Lorsque l'on parle de pieuvres, il ne s'agit pas d'une espèce, mais de tout un ordre taxonomique, les octopodes, classés en familles taxonomiques et en genres. Au total, plusieurs centaines d'espèces de pieuvres sont connues, chacune présentant des caractéristiques spécifiques allant de la taille à l'intelligence.
Les pieuvres, dans leur ensemble, sont donc théoriquement capables de s'adapter à de nombreux changements susceptibles de conduire l'homme à l'extinction. En d'autres termes, ils sont très résistants. Vivre sous l'eau signifie également une "protection" supplémentaire contre les changements qui pourraient conduire à la ruine de notre espèce.
"Il existe de nombreuses espèces de pieuvres, pas seulement une (...) et elles vivent dans une grande variété d'habitats, y compris les océans profonds et les habitats côtiers", a expliqué M. Coulson, comme l'a rapporté Popular Mechanics. "Si certaines populations de certaines espèces peuvent se porter mal, je pense que d'autres ont une chance de survivre (...) et de diverger au cours de l'évolution pour coloniser une grande variété d'habitats", a-t-il ajouté.
Le deuxième facteur qui fait des pieuvres des candidats au développement d'une civilisation est leur intelligence. Il est frappant de constater que les pieuvres possèdent neuf cerveaux, un dans chacun de leurs huit membres et un "central" qui coordonne l'activité des autres. Bien que le terme "cerveau" puisse être appliqué à ces organes nerveux, il fait l'objet d'un débat.
Avoir beaucoup de cerveaux n'est pas synonyme d'intelligence ; nous savons que la taille n'est pas le seul déterminant des cerveaux. Cependant, nous avons pu constater l'intelligence de ces invertébrés à la fois dans des expériences de laboratoire et dans la nature. Les pieuvres sont capables d'imiter leur environnement et même d'utiliser des objets de leur environnement comme outils.
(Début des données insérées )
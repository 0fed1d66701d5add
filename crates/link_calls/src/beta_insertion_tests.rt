ghost use Rattle.map_defs.specs.Kind.{beta};
ghost use Rattle.map_defs.specs.Rows.{links_of};
ghost use Rattle.map_defs.specs.Laws.{Laws};
ghost use Rattle.map_defs.specs.Edits.{Fits};

use crate::beta_maps::{check_rows, no_darts, sew_pairs};
use crate::maps::{check_refusal, dart, polygon, sew, unsew};
use beta_edit::{edge_plan, face_plan, vertex_plan};
use link_rows::{Edit, Links};
use map_kind::{Beta, Refusal, Refused};
use std::alloc::Global;
use std::process::Abort;

/// Two squares on the two sides of one face.
fn two_sides(rt: &impl Abort, alloc: Global, links: &mut Links<Beta, 3>)
    requires { Laws beta (links_of links.old.rows) }
    ensures { Laws beta (links_of links.new.rows) }
{
    polygon(rt, alloc, links, 4);
    polygon(rt, alloc, links, 4);
    sew(rt, alloc, links, 3, 1, 5);
}

fn apply<const DIM: usize>(rt: &impl Abort, links: &mut Links<Beta, DIM>, edit: &Edit)
    requires { Fits beta DIM links.old.rows edit.now }
{
    assert!(rt; links.reserve(edit.births).is_ok());
    links.apply(edit);
}

/// Inserts a vertex on the edge of a dart.
fn insert_vertex<const DIM: usize>(
    rt: &impl Abort,
    alloc: Global,
    links: &mut Links<Beta, DIM>,
    number: u32,
)
    requires { Laws beta (links_of links.old.rows) }
{
    let dart = dart(rt, links, number);
    match vertex_plan(alloc, links, dart) {
        Ok(edit) => apply(rt, links, &edit),
        Err(_) => panic!(rt; "no vertex"),
    }
}

/// Inserts an edge from the corner of a dart to that of another.
fn insert_edge<const DIM: usize>(
    rt: &impl Abort,
    alloc: Global,
    links: &mut Links<Beta, DIM>,
    one: u32,
    other: u32,
)
    requires { Laws beta (links_of links.old.rows) }
{
    let one = dart(rt, links, one);
    let other = dart(rt, links, other);
    match edge_plan(alloc, links, one, other) {
        Ok(edit) => apply(rt, links, &edit),
        Err(_) => panic!(rt; "no edge"),
    }
}

/// Compares why there is no edge from the corner of a dart to that of another.
fn check_no_edge<const DIM: usize>(
    rt: &impl Abort,
    alloc: Global,
    links: &Links<Beta, DIM>,
    one: u32,
    other: u32,
    wanted: Refusal,
)
    requires { Laws beta (links_of links.now.rows) }
{
    let one = dart(rt, links, one);
    let other = dart(rt, links, other);
    let planned = edge_plan(alloc, links, one, other);
    check_refusal(rt, planned, Refused::Line(wanted));
}

/// Inserts a face along three sides.
fn insert_face(rt: &impl Abort, alloc: Global, links: &mut Links<Beta, 3>, path: [u32; 3])
    requires { Laws beta (links_of links.old.rows) }
{
    let path = [
        dart(rt, links, path[0]),
        dart(rt, links, path[1]),
        dart(rt, links, path[2]),
    ];
    match face_plan(alloc, links, &path) {
        Ok(edit) => apply(rt, links, &edit),
        Err(_) => panic!(rt; "no face"),
    }
}

/// The links of darts 1, 2, 5, 6, 9 and 10 once a vertex parts both sides of the edge of dart 1.
#[rattlefmt::skip]
const PARTED_SIDES: [u32; 24] = [
    4, 9, 0, 10,
    9, 3, 0, 8,
    8, 10, 0, 9,
    10, 7, 0, 4,
    1, 2, 0, 5,
    5, 6, 0, 1,
];

/// Inserts a vertex on an edge of a face that has two sides.
fn check_vertex_on_both_sides(rt: &impl Abort, alloc: Global, links: &mut Links<Beta, 3>)
    requires { Laws beta (links_of links.old.rows) }
{
    two_sides(rt, alloc, links);
    insert_vertex(rt, alloc, links, 1);
    check_rows(rt, alloc, links, &[1, 2, 5, 6, 9, 10], &PARTED_SIDES);
}

#[test]
fn a_vertex_parts_an_edge_on_both_sides(rt: HostRuntime) {
    let mut links = no_darts::<3>(rt.alloc());
    check_vertex_on_both_sides(&rt, rt.alloc(), &mut links);
}

/// The links of darts 1 to 5 once a vertex parts the side of dart 1, which is the last of an open way.
#[rattlefmt::skip]
const PARTED_LAST_SIDE: [u32; 15] = [
    4, 5, 0,
    0, 3, 0,
    2, 4, 0,
    3, 1, 0,
    1, 0, 0,
];

/// Inserts a vertex on a side behind which link 1 is free.
fn check_vertex_on_an_open_way(rt: &impl Abort, alloc: Global, links: &mut Links<Beta, 2>)
    requires { Laws beta (links_of links.old.rows) }
{
    polygon(rt, alloc, links, 4);
    unsew(rt, alloc, links, 1, 1);
    insert_vertex(rt, alloc, links, 1);
    check_rows(rt, alloc, links, &[1, 2, 3, 4, 5], &PARTED_LAST_SIDE);
}

#[test]
fn a_vertex_parts_the_last_side_of_an_open_way(rt: HostRuntime) {
    let mut links = no_darts::<2>(rt.alloc());
    check_vertex_on_an_open_way(&rt, rt.alloc(), &mut links);
}

/// The links of darts 1 to 4 and 9 to 12 once an edge parts both sides of a face.
#[rattlefmt::skip]
const PARTED_FACE: [u32; 32] = [
    10, 2, 0, 5,
    1, 10, 0, 8,
    9, 4, 0, 7,
    3, 9, 0, 6,
    4, 3, 10, 12,
    2, 1, 9, 11,
    5, 8, 12, 10,
    7, 6, 11, 9,
];

/// Inserts an edge into a face that has two sides.
fn check_edge_on_both_sides(rt: &impl Abort, alloc: Global, links: &mut Links<Beta, 3>)
    requires { Laws beta (links_of links.old.rows) }
{
    two_sides(rt, alloc, links);
    check_no_edge(rt, alloc, links, 1, 5, Refusal::OtherCell);
    insert_edge(rt, alloc, links, 1, 3);
    check_rows(rt, alloc, links, &[1, 2, 3, 4, 9, 10, 11, 12], &PARTED_FACE);
}

#[test]
fn an_edge_parts_a_face_on_both_sides(rt: HostRuntime) {
    let mut links = no_darts::<3>(rt.alloc());
    check_edge_on_both_sides(&rt, rt.alloc(), &mut links);
}

/// The links of darts 1 to 6 once an edge parts an open way.
#[rattlefmt::skip]
const PARTED_WAY: [u32; 18] = [
    0, 5, 0,
    6, 3, 0,
    2, 6, 0,
    5, 0, 0,
    1, 4, 6,
    3, 2, 5,
];

/// Opens the way around a square between darts 4 and 1, and inserts an edge.
fn check_edge_on_an_open_way(rt: &impl Abort, alloc: Global, links: &mut Links<Beta, 2>)
    requires { Laws beta (links_of links.old.rows) }
{
    polygon(rt, alloc, links, 4);
    check_no_edge(rt, alloc, links, 1, 1, Refusal::SameCorner);
    unsew(rt, alloc, links, 1, 4);
    check_no_edge(rt, alloc, links, 1, 3, Refusal::Unpaired);
    insert_edge(rt, alloc, links, 2, 4);
    check_rows(rt, alloc, links, &[1, 2, 3, 4, 5, 6], &PARTED_WAY);
}

#[test]
fn an_edge_needs_two_ways_into_two_corners(rt: HostRuntime) {
    let mut links = no_darts::<2>(rt.alloc());
    check_edge_on_an_open_way(&rt, rt.alloc(), &mut links);
}

/// The links of darts 1, 2, 3 and 7 to 12 once a face parts a volume of two triangles.
#[rattlefmt::skip]
const PARTED_VOLUME: [u32; 36] = [
    3, 2, 7, 0,
    1, 3, 8, 0,
    2, 1, 9, 0,
    8, 9, 1, 10,
    9, 7, 2, 12,
    7, 8, 3, 11,
    11, 12, 4, 7,
    12, 10, 5, 9,
    10, 11, 6, 8,
];

/// Inserts a face along the sides that two triangles share.
fn check_face_in_a_volume(rt: &impl Abort, alloc: Global, links: &mut Links<Beta, 3>)
    requires { Laws beta (links_of links.old.rows) }
{
    polygon(rt, alloc, links, 3);
    polygon(rt, alloc, links, 3);
    sew_pairs(rt, alloc, links, 2, &[(1, 4), (2, 6), (3, 5)]);
    insert_face(rt, alloc, links, [1, 2, 3]);
    check_rows(
        rt,
        alloc,
        links,
        &[1, 2, 3, 7, 8, 9, 10, 11, 12],
        &PARTED_VOLUME,
    );
}

#[test]
fn a_face_parts_a_volume(rt: HostRuntime) {
    let mut links = no_darts::<3>(rt.alloc());
    check_face_in_a_volume(&rt, rt.alloc(), &mut links);
}
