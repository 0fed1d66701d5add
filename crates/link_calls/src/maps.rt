//! Maps of both kinds for the tests, and what they compare.
ghost use Rattle.std.specs.Prelude.{◌≡◌, ◌≤◌};
ghost use Rattle.map_defs.specs.Rows.{links_of, IsLive, IsSound};
ghost use Rattle.map_defs.specs.Laws.{Laws};
ghost use Rattle.map_defs.specs.Edits.{Fits, after_edit};

use link_rows::{Edit, Links, polygon_edit};
use map_kind::{Dart, Kind, Refused};
use sewing::{sew_plan, unsew_plan};
use std::alloc::{AllocError, Global};
use std::process::Abort;

/// A polygon of so many sides, numbered on from those that were made.
pub fn polygon<K: Kind, const DIM: usize>(
    rt: &impl Abort,
    alloc: Global,
    links: &mut Links<K, DIM>,
    sides: u32,
)
    requires low { 3 ≤ sides }
    requires high { sides ≤ 9 }
    requires laws { Laws K.kind (links_of links.old.rows) }
    ensures { Laws K.kind (links_of links.new.rows) }
{
    assert!(rt; links.reserve(K::per_side() * sides).is_ok());
    match polygon_edit(alloc, links, sides) {
        Ok(edit) => links.apply(&edit),
        Err(_) => panic!(rt; "no memory"),
    }
}

/// A live dart.
pub fn dart<K: Kind, const DIM: usize>(rt: &impl Abort, links: &Links<K, DIM>, number: u32) -> Dart
    ensures live { IsLive links.now.rows result }
    ensures number { result ≡ number }
    ensures low { 2 ≤ DIM }
    ensures sound { IsSound K.kind DIM links.now.rows }
{
    let dart = Dart::new(number).expect(rt, "0 is no dart");
    let _ = links.dimension();
    assert!(rt; links.is_live(dart));
    dart
}

/// Sews two darts that can be sewn.
pub fn sew<K: Kind, const DIM: usize>(
    rt: &impl Abort,
    alloc: Global,
    links: &mut Links<K, DIM>,
    link: usize,
    one: u32,
    other: u32,
)
    requires link { link ≤ DIM }
    requires laws { Laws K.kind (links_of links.old.rows) }
    ensures { Laws K.kind (links_of links.new.rows) }
{
    let one = dart(rt, links, one);
    let other = dart(rt, links, other);
    match sew_plan(alloc, links, link, one, other) {
        Ok(edit) => links.apply(&edit),
        Err(_) => panic!(rt; "not sewn"),
    }
}

/// Frees a link of a dart that is not free.
pub fn unsew<K: Kind, const DIM: usize>(
    rt: &impl Abort,
    alloc: Global,
    links: &mut Links<K, DIM>,
    link: usize,
    number: u32,
)
    requires link { link ≤ DIM }
    requires laws { Laws K.kind (links_of links.old.rows) }
    ensures { Laws K.kind (links_of links.new.rows) }
{
    let dart = dart(rt, links, number);
    match unsew_plan(alloc, links, link, dart) {
        Ok(edit) => links.apply(&edit),
        Err(_) => panic!(rt; "not unsewn"),
    }
}

/// Makes an edit that is planned.
pub fn apply<K: Kind, const DIM: usize>(rt: &impl Abort, links: &mut Links<K, DIM>, edit: &Edit)
    requires { Fits K.kind DIM links.old.rows edit.now }
    ensures { links.new.rows ≡ after_edit DIM edit.now links.old.rows }
{
    assert!(rt; links.reserve(edit.births).is_ok());
    links.apply(edit);
}

/// The links 0 to `DIM` of the darts from number 1 to another.
fn rows<K: Kind, const DIM: usize>(
    rt: &impl Abort,
    alloc: Global,
    links: &Links<K, DIM>,
    last: u32,
) -> Result<Vec<u32>, AllocError>
    requires { last ≤ 99 }
{
    let mut rows = Vec::new(alloc);
    for number in 1..last + 1 {
        let dart = dart(rt, links, number);
        for link in 0..links.dimension() + 1 {
            rows.push(links.number_at(dart, link))?;
        }
    }
    Ok(rows)
}

/// Compares the links 0 to `DIM` of the darts from number 1 to another.
pub fn check_rows<K: Kind, const DIM: usize>(
    rt: &impl Abort,
    alloc: Global,
    links: &Links<K, DIM>,
    last: u32,
    wanted: &[u32],
)
    requires { last ≤ 99 }
{
    match rows(rt, alloc, links, last) {
        Ok(rows) => assert_eq!(rt; rows.as_slice(), wanted),
        Err(_) => panic!(rt; "no memory"),
    }
}

/// Compares why there is no plan.
pub fn check_refusal(rt: &impl Abort, planned: Result<Edit, Refused>, wanted: Refused) {
    match planned {
        Ok(_) => panic!(rt; "not refused"),
        Err(refused) => assert_eq!(rt; refused, wanted),
    }
}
Tim Coulson examine également les inconvénients auxquels les pieuvres seraient confrontées en développant leur propre civilisation. Le premier est l'énergie : toute civilisation a besoin de sources d'énergie pour prospérer. Avant l'avènement de la civilisation, les hommes exploitaient l'énergie chimique de la combustion pour chauffer leurs grottes et leurs maisons. Ce n'est que plus tard que la traction animale ou l'énergie éolienne des moulins à vent sont venues compléter ce dispositif.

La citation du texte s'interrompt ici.